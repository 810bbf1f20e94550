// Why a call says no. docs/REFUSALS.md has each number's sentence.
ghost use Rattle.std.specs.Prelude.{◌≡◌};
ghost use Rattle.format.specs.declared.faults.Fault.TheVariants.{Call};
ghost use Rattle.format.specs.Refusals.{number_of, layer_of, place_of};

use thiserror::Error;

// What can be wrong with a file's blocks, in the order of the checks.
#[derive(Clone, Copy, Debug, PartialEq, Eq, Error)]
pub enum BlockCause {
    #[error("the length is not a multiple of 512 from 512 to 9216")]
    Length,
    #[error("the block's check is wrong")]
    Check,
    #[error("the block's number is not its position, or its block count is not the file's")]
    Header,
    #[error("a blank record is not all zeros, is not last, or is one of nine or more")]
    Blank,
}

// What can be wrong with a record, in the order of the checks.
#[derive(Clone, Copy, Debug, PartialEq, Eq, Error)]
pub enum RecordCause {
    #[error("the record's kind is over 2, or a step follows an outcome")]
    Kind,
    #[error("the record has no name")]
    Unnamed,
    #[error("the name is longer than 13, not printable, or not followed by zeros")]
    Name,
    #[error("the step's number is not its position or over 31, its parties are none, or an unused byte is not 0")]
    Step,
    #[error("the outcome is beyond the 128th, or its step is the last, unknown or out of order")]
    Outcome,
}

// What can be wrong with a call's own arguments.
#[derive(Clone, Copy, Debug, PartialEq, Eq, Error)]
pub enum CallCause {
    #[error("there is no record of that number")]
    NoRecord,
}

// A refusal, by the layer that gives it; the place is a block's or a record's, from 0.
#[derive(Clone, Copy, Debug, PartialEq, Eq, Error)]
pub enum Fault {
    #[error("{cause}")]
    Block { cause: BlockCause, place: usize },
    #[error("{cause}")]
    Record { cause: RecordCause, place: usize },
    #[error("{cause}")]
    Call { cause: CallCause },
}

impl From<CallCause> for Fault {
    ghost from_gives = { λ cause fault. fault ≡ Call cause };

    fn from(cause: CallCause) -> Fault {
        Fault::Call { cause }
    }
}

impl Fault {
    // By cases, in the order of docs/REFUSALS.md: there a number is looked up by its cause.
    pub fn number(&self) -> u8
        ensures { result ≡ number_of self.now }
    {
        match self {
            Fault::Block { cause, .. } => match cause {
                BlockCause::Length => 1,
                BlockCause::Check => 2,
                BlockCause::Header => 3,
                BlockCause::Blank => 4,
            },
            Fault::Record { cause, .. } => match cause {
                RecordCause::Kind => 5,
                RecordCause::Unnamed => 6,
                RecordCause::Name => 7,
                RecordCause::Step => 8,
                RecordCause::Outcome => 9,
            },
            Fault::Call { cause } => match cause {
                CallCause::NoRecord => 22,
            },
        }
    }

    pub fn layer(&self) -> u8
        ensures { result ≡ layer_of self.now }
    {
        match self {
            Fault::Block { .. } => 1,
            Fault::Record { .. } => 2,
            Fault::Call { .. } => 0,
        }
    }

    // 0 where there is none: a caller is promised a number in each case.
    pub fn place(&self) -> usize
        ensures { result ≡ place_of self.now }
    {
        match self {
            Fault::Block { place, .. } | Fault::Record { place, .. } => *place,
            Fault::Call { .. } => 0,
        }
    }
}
|---|
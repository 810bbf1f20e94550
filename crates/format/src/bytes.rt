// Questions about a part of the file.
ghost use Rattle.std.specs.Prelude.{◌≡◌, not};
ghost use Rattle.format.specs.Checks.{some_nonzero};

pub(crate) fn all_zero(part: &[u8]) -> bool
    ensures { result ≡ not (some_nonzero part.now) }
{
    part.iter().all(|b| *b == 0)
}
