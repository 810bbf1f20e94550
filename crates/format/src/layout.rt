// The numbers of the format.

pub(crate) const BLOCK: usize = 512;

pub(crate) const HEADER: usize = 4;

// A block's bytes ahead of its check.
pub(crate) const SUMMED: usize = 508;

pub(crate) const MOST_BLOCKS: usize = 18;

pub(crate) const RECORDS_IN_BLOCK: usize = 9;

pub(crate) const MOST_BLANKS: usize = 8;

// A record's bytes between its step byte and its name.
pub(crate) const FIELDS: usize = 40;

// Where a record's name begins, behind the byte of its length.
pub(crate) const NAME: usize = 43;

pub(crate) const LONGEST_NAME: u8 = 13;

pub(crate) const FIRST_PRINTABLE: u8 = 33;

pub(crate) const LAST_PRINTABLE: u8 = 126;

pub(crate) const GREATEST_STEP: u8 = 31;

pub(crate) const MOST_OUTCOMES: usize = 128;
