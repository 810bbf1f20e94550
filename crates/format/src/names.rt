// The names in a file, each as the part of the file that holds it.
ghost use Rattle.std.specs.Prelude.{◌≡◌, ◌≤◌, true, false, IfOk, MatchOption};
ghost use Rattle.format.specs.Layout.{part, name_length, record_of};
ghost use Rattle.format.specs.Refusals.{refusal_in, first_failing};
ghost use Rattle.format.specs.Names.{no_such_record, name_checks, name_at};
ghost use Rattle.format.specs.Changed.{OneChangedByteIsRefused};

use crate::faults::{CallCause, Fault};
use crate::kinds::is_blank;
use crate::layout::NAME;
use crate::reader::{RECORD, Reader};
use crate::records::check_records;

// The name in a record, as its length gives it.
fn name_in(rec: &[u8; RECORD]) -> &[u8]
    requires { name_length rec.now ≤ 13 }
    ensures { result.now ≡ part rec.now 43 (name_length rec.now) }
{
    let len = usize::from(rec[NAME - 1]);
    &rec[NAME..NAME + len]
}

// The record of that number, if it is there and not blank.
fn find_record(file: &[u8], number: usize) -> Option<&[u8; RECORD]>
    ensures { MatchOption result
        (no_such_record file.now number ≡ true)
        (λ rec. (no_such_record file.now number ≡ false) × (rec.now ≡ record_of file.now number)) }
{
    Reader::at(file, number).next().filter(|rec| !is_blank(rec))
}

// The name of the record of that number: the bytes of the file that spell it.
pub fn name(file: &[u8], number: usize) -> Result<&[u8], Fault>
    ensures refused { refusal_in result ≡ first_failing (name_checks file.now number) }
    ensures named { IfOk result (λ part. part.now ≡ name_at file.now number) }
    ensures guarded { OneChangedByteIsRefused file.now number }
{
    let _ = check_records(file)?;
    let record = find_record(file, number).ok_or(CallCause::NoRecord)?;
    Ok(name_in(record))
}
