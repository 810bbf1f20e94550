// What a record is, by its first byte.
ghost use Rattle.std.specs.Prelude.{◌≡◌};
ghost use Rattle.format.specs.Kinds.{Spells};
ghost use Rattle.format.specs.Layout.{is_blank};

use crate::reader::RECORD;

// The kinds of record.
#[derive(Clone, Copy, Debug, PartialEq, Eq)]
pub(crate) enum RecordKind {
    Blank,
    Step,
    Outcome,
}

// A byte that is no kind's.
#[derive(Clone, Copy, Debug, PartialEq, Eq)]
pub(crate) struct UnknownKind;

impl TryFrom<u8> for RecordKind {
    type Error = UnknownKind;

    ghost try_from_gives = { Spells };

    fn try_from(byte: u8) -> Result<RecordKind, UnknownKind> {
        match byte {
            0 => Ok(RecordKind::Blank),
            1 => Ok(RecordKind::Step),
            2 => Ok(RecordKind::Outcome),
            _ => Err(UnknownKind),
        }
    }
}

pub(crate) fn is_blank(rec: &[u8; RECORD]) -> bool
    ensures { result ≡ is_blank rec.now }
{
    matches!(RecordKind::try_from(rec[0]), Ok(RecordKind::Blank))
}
|---|
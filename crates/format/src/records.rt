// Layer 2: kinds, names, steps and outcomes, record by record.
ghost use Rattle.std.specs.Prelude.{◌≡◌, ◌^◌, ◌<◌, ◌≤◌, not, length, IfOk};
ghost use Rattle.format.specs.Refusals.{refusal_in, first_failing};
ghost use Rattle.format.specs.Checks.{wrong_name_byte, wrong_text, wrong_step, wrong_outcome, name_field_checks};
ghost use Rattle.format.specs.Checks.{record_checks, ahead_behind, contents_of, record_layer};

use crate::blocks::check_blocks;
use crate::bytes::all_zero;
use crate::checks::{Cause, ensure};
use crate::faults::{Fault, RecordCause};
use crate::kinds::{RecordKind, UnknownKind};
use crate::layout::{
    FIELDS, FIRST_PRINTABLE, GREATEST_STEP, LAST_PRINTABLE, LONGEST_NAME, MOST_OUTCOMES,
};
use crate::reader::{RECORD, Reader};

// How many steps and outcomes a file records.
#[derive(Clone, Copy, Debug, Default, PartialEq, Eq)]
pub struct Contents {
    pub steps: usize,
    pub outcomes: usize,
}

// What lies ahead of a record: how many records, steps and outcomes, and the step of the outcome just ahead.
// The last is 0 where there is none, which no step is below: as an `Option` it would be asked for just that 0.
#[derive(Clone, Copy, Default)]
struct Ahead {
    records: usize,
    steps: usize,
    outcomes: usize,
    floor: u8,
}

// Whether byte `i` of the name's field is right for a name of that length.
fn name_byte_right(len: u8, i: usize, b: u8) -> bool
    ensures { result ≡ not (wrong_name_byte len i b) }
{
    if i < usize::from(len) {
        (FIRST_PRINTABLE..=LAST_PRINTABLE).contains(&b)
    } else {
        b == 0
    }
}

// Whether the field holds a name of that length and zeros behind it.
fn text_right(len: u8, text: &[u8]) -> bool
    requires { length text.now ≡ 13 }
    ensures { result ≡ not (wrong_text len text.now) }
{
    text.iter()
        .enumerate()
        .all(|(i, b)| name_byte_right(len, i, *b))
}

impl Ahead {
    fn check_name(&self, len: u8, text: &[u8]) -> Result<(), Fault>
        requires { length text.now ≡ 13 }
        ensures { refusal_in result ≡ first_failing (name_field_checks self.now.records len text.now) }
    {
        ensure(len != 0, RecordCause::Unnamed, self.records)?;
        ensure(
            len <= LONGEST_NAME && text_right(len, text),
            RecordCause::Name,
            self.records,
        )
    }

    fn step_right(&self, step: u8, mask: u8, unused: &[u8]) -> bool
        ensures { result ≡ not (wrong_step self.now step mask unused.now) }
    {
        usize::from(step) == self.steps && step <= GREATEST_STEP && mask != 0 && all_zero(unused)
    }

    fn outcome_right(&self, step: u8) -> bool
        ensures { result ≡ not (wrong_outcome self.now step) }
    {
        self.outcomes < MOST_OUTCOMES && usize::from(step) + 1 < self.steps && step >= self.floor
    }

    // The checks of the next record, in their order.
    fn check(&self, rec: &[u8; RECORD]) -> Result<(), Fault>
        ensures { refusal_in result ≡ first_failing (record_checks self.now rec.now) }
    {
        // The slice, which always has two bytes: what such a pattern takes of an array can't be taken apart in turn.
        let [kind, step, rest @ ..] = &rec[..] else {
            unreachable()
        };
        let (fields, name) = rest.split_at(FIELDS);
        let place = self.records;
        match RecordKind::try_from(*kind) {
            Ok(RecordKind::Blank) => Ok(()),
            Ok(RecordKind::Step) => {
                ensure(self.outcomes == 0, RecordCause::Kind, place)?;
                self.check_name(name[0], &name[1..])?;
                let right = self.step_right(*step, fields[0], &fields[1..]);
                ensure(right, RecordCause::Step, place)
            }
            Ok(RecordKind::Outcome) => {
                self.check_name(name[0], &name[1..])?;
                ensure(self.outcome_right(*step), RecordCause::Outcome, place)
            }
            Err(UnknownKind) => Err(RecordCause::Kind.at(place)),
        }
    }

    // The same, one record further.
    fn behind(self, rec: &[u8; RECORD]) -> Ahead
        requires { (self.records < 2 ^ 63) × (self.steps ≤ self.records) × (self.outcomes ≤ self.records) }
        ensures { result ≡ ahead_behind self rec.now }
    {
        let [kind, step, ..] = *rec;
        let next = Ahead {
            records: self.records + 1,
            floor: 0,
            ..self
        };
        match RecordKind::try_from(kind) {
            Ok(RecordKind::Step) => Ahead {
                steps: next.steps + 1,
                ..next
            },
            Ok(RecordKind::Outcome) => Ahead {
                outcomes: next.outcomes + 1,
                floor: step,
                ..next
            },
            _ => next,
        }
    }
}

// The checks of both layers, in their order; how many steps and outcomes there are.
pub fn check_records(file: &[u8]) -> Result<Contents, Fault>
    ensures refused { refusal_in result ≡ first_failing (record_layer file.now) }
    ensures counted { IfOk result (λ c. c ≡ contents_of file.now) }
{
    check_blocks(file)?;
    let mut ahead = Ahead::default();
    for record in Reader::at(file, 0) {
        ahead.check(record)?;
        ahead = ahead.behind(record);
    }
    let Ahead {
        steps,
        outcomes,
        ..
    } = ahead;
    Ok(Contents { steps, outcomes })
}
|---|
→ Task to carry out: All that belongs in the answer is the run of lines above from the line containing "(FIRST_PRINTABLE..=LAST_PRINTABLE).contains(&b)" through the line containing "text.iter()", exactly as written.

→ Task result:
        (FIRST_PRINTABLE..=LAST_PRINTABLE).contains(&b)
    } else {
        b == 0
    }
}

// Whether the field holds a name of that length and zeros behind it.
fn text_right(len: u8, text: &[u8]) -> bool
    requires { length text.now ≡ 13 }
    ensures { result ≡ not (wrong_text len text.now) }
{
    text.iter()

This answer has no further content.